I've seen multiple approaches for this. It's usually it's handled at the sbatch level, but a requeue is probably not the right approach. A requeue can cause issues with the job log, as the default is often to truncate the file. Slurm will also delay the start time of the requeued job (not sure why exactly).

Anyway, here what is commonly used:

flx42 commented 7 months ago

slurm will also delay the start time of the requeued job (not sure why exactly).

I found that it's done here: https://github.com/SchedMD/slurm/blob/slurm-23-11-0-1/src/slurmctld/job_mgr.c#L16376-L16384 A requeued job will be delayed 121 seconds, when it might have started immediately.

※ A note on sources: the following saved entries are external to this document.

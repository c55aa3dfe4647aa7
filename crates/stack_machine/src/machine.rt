//! The machine that runs code reply by reply.

ghost use Rattle.std.specs.Prelude.{◌≡◌, ◌<◌, ◌≤◌, ◌++◌, [], ℕ, List, IfOk, OnErr, IsErr};
ghost use Rattle.stack_code.specs.layer.Codes.{Codes};
ghost use Rattle.upc_values.specs.declared.action.Reply.{Reply};
ghost use Rattle.upc_values.specs.Outcomes.{Outcome};
ghost use Rattle.stack_code.specs.layer.Outcomes.{CodeMeans};
ghost use Rattle.stack_machine.specs.layer.Machine.{listed, told_by, told_of, Answered, HasHeard, HasAsked, HasFailed};

use crate::calls::Task;
use crate::open_calls::OpenCall;
use crate::progress::Progress;
use crate::runner::Runner;
use crate::wish::{Halt, Phase, Stop, Wish};
use private_store::Store;
use stack_code::Code;
use stack_machine_values::stacks::{Operands, Spots};
use std::alloc::Global;
use std::marker::Model;
use upc_text::OutOfMemory;
use upc_values::Reply;

/// The machine of a thread. Contracts see its thread, its budget, how far it is, its body, and the call of the library
/// that is on its way, if one is.
#[derive(Drop)]
pub struct Machine {
    runner: Runner,
    threads: u32,
    shapes: usize,
    phase: Phase,
    count: u64,
    task: Task,
    under_way: Option<OpenCall>,
}

impl Model for Machine {
    ghost use Rattle.stack_machine.specs.layer.Machine.{Seen};
    ghost use Rattle.stack_machine.specs.code.Machines.{IsKept};
    ghost use Rattle.stack_machine.specs.code.Calls.{the_call};
    ghost use Rattle.stack_machine.specs.code.Tasks.{task_seen};

    ghost Value = { Seen };

    ghost view = { λ m. record {
      thread = m.runner.number;
      budget = m.runner.budget;
      phase = m.phase;
      count = m.count;
      body = task_seen m.task;
      call = m.under_way;
    } };

    ghost invariant = { λ m. IsKept m.phase m.runner.number m.runner.budget m.threads m.shapes
        (the_call m.under_way) (task_seen m.task) };
}

// The wish that stands for a stop.
fn wish_of(stop: Stop) -> Wish
    ensures { told_of result ≡ told_by stop }
{
    match stop {
        Stop::Ended(v) => Wish::Ended(v),
        Stop::Exit(v) => Wish::Exit(v),
        Stop::Fault(code, place) => Wish::Fault(code, place),
        Stop::Budget => Wish::Budget,
    }
}

impl Machine {
    /// The machine of a thread of the code, before its first action.
    pub fn make(
        alloc: Global,
        code: &Code,
        thread: u32,
        budget: u64,
    ) -> Result<Machine, OutOfMemory>
        requires thread { thread < code.now.threads }
        requires budget { 1 ≤ budget }
        ensures { IfOk result (λ m. HasHeard code.now thread budget [] m) }
    {
        code.keep();
        let store = Store::make(alloc, code.private_shapes(), code.private_initials())?;
        Ok(Machine {
            runner: Runner {
                alloc,
                number: thread,
                budget,
            },
            threads: code.threads(),
            shapes: code.shapes().len(),
            phase: Phase::Ready,
            count: 0,
            task: Task {
                function: 0,
                place: 0,
                given: Vec::new(alloc),
                operands: Operands::new(alloc),
                calls: Spots::new(alloc),
                progress: Progress {
                    store,
                    ticks: 0,
                    notified: false,
                    reply: None,
                },
            },
            under_way: None,
        })
    }

    /// Goes on to the next action, or to the end. A reply answers the action that was asked for last; without one, the
    /// same is asked for again. After want of memory the machine has failed, and answers that again, whatever it is
    /// given.
    pub fn resume(&mut self, code: &Code, reply: Option<Reply>) -> Result<Wish, OutOfMemory>
        ensures told { IfOk result (λ w. (thread budget : ℕ) (f : List Reply → Outcome) (given : List Reply)
            → ((replies : List Reply) → CodeMeans code.now thread budget replies (f replies))
            → HasHeard code.now thread budget given self.old → Answered f given reply
            → told_of w ≡ (f (given ++ listed reply)).«end») }
        ensures heard { IfOk result (λ w. (thread budget : ℕ) (f : List Reply → Outcome) (given : List Reply)
            → ((replies : List Reply) → CodeMeans code.now thread budget replies (f replies))
            → HasHeard code.now thread budget given self.old → Answered f given reply
            → HasHeard code.now thread budget (given ++ listed reply) self.new × HasAsked self.new) }
        ensures asked { IfOk result (λ _. HasAsked self.new) }
        ensures failed { OnErr result (HasFailed self.new) }
        ensures fails { HasFailed self.old → IsErr result }
    {
        match self.phase {
            Phase::Failed => Err(OutOfMemory),
            Phase::Over(stop) => {
                if reply.is_some() {
                    self.phase = Phase::Failed;
                    return Err(OutOfMemory);
                }
                Ok(wish_of(stop))
            }
            _ => {
                if code.threads() != self.threads || code.shapes().len() != self.shapes {
                    self.phase = Phase::Failed;
                    return Err(OutOfMemory);
                }
                self.task.progress.reply = reply;
                match self.task.run(&mut self.under_way, code, &self.runner) {
                    Halt::Memory => {
                        self.phase = Phase::Failed;
                        Err(OutOfMemory)
                    }
                    Halt::Asks(action, ticks) => {
                        self.phase = Phase::Asked;
                        self.count = ticks;
                        Ok(Wish::Act(action))
                    }
                    Halt::Stops(stop, ticks) => {
                        self.phase = Phase::Over(stop);
                        self.count = ticks;
                        Ok(wish_of(stop))
                    }
                }
            }
        }
    }

    /// The ticks of the thread at its last answer.
    pub fn ticks(&self) -> u64
        ensures { HasAsked self.now → (codes : Codes) (thread budget : ℕ) (f : List Reply → Outcome)
            → (given : List Reply)
            → ((replies : List Reply) → CodeMeans codes thread budget replies (f replies))
            → HasHeard codes thread budget given self.now → result ≡ (f given).ticks }
    {
        self.count
    }
}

itzsimpl commented 7 months ago

Thanks for the info. I'm aware that there is a delay, although a nuisance I don't find it a big problem, at the moment.

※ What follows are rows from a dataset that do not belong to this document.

//! Who runs code.

use std::alloc::Global;

/// A thread, by its number, with its budget of ticks.
#[derive(Clone, Copy)]
pub(crate) struct Runner {
    pub(crate) alloc: Global,
    pub(crate) number: u32,
    pub(crate) budget: u64,
}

The downside of the approach with queuing a follow-up job before lunching the application, is that it requires execution of multiple commands, or the automation of a single sbatch script that will do so, which can become tricky. In addition it does not really solve the main problem (how to notify a Lightning app that is running in an enroot container to create a checkpoint if this happens to be between two regular checkpoints). I'm aware that one can increase the frequency of checkpointing, what I'm asking really, is, is there is a way to make Lighting that is run in an enroot/pyxis container behave as if it were run on baremetal.

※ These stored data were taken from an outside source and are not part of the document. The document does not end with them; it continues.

//! Conversions of the values of expressions. An array is a pointer to its first element.

ghost use Rattle.std.specs.Prelude.{◌≡◌, Bool};
ghost use Rattle.upc_types.specs.Types.{Pointer};
ghost use Rattle.upc_types.specs.Conversions as pure;
ghost use Rattle.upc_types.specs.View.{view, view_base};
ghost use Rattle.typing_rules.specs.Values.{plainly};
ghost use Rattle.typing_rules.specs.Nodes.{view_attr};
ghost use Rattle.typing_rules.specs.Rules as rules;

use typing_rules::types::{counts, gives_void, is_lock, is_shared, is_zero};
use typing_rules::{Attr, LibraryParameter};
use upc_types::{
    Base, CType, assignable, castable, is_lock_pointer, is_void, same_base, same_block,
    to_shared_void, to_void_pointer,
};

fn keeps_const(from: bool, into: bool) -> bool
    ensures { result ≡ pure.keeps_const from into }
{
    !from || into
}

fn array_same_target(element: &CType, into: &Base) -> bool
    ensures { result ≡ pure.same_target (Pointer (view element.now)) (view_base into.now) }
{
    match into {
        Base::Pointer(target) => {
            same_base(&element.base, &target.base)
                && same_block(element.shared, target.shared)
                && keeps_const(element.constant, target.constant)
        }
        _ => false,
    }
}

fn array_lock(element: &CType, into: &Base) -> bool
    ensures { result ≡ pure.lock_to_lock (Pointer (view element.now)) (view_base into.now) }
{
    is_lock(element) && is_lock_pointer(into) && array_same_target(element, into)
}

fn array_to_other_block(element: &CType, into: &Base) -> bool
    ensures { result ≡ pure.to_other_block (Pointer (view element.now)) (view_base into.now) }
{
    match into {
        Base::Pointer(target) => {
            same_base(&element.base, &target.base)
                && !is_lock(element)
                && is_shared(element)
                && is_shared(target)
                && keeps_const(element.constant, target.constant)
        }
        _ => false,
    }
}

fn array_to_private(element: &CType, into: &Base) -> bool
    ensures { result ≡ pure.to_private (Pointer (view element.now)) (view_base into.now) }
{
    match into {
        Base::Pointer(target) => {
            same_base(&element.base, &target.base)
                && !is_lock(element)
                && is_shared(element)
                && !is_shared(target)
                && keeps_const(element.constant, target.constant)
        }
        _ => false,
    }
}

fn array_assigns(element: &CType, into: &CType) -> bool
    ensures { (zero : Bool) → result ≡ pure.assignable (plainly (Pointer (view element.now))) (view into.now) zero }
{
    array_same_target(element, &into.base) || array_lock(element, &into.base)
}

fn array_casts(element: &CType, into: &CType) -> bool
    ensures { (zero : Bool) → result ≡ pure.castable (plainly (Pointer (view element.now))) (view into.now) zero }
{
    array_assigns(element, into)
        || array_to_other_block(element, &into.base)
        || array_to_private(element, &into.base)
        || is_void(&into.base)
}

/// Whether the value converts into the type without a cast.
pub fn converts(a: &Attr, t: &CType) -> bool
    ensures { result ≡ rules.converts (view_attr a.now) (view t.now) }
{
    match &a.ctype.base {
        Base::Array(element, _) => array_assigns(element, t),
        _ => assignable(&a.ctype, t, is_zero(a)),
    }
}

/// Whether a cast converts the value into the type.
pub fn casts(a: &Attr, t: &CType) -> bool
    ensures { result ≡ rules.casts (view_attr a.now) (view t.now) }
{
    match &a.ctype.base {
        Base::Array(element, _) => array_casts(element, t),
        _ => castable(&a.ctype, t, is_zero(a)),
    }
}

fn takes_shared(a: &Attr) -> bool
    ensures { result ≡ rules.takes LibraryParameter.SharedPointer (view_attr a.now) }
{
    match &a.ctype.base {
        Base::Array(element, _) => is_shared(element) && !is_lock(element),
        _ => to_shared_void(&a.ctype, is_zero(a)),
    }
}

fn takes_private(a: &Attr) -> bool
    ensures { result ≡ rules.takes LibraryParameter.PrivatePointer (view_attr a.now) }
{
    match &a.ctype.base {
        Base::Array(element, _) => !is_shared(element) && !is_lock(element),
        _ => to_void_pointer(&a.ctype, is_zero(a)),
    }
}

fn takes_lock(a: &Attr) -> bool
    ensures { result ≡ rules.takes LibraryParameter.LockPointer (view_attr a.now) }
{
    match &a.ctype.base {
        Base::Integer(_) => is_zero(a),
        Base::Pointer(target) => is_plain_lock(target),
        Base::Array(element, _) => is_plain_lock(element),
        _ => false,
    }
}

fn is_plain_lock(t: &CType) -> bool
    ensures { result ≡ rules.leads_to_lock (view t.now) }
{
    is_lock(t) && !is_shared(t) && !t.constant
}

/// Whether the value may be given for a parameter of a library call.
pub fn takes(x: LibraryParameter, a: &Attr) -> bool
    ensures { result ≡ rules.takes x (view_attr a.now) }
{
    match x {
        LibraryParameter::SharedPointer => takes_shared(a),
        LibraryParameter::PrivatePointer => takes_private(a),
        LibraryParameter::LockPointer => takes_lock(a),
        LibraryParameter::Size | LibraryParameter::Int => counts(a),
        LibraryParameter::NoFunction => !gives_void(a),
    }
}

Giving the step a slightly lower than the allocated time will ensure that the sbatch script's signal handler will have some time left. But the app that is run in the srun step will be dead, so no chance of it performing a checkpoint. Note also that when SLURM sends an abort signal it will wait for some time on its own https://github.com/SchedMD/slurm/blob/769da35200d4a2c0f42a6e060b2b180ed95bfc8e/src/api/step_launch.c#L671.

We currently do the following. The main sbatch handles the signal (B:USR1@90), the srun command is run in the background so that the sbatch script will get notified 90s before the job time is exhausted. This requeues the job as desired, but has the downside is that the Lightning based scripts, which run in the enroot container (started via the srun) will not create a checkpoint before being requeued. Even if the sbatch script, on receipt of the signal, sends yet another signal (USR2) to the srun PID (i.e. the Lightning based scripts that run in enroot/pyxis), the script somehow does not seem to do a checkpoint, which it should before calling the requeue. The signal is properly configured (https://lightning.ai/docs/pytorch/stable/clouds/cluster_advanced.html#enable-auto-wall-time-resubmissions) and the Lightning code that handles it is here https://github.com/Lightning-AI/pytorch-lightning/blob/520c1e4713340f5bbf66de215471c2863e8fbdf2/src/lightning/pytorch/trainer/connectors/signal_connector.py#L67-L103.

flx42 commented 7 months ago

You should consider the checkpointing and the follow-up job separately. They are both orthogonal to containers.

The approach above also works for regular PyTorch. It looks like there is a problem with signal handling in PyTorch Lightning, and the requeue does not work inside containers, but you don't need to rely on any of those.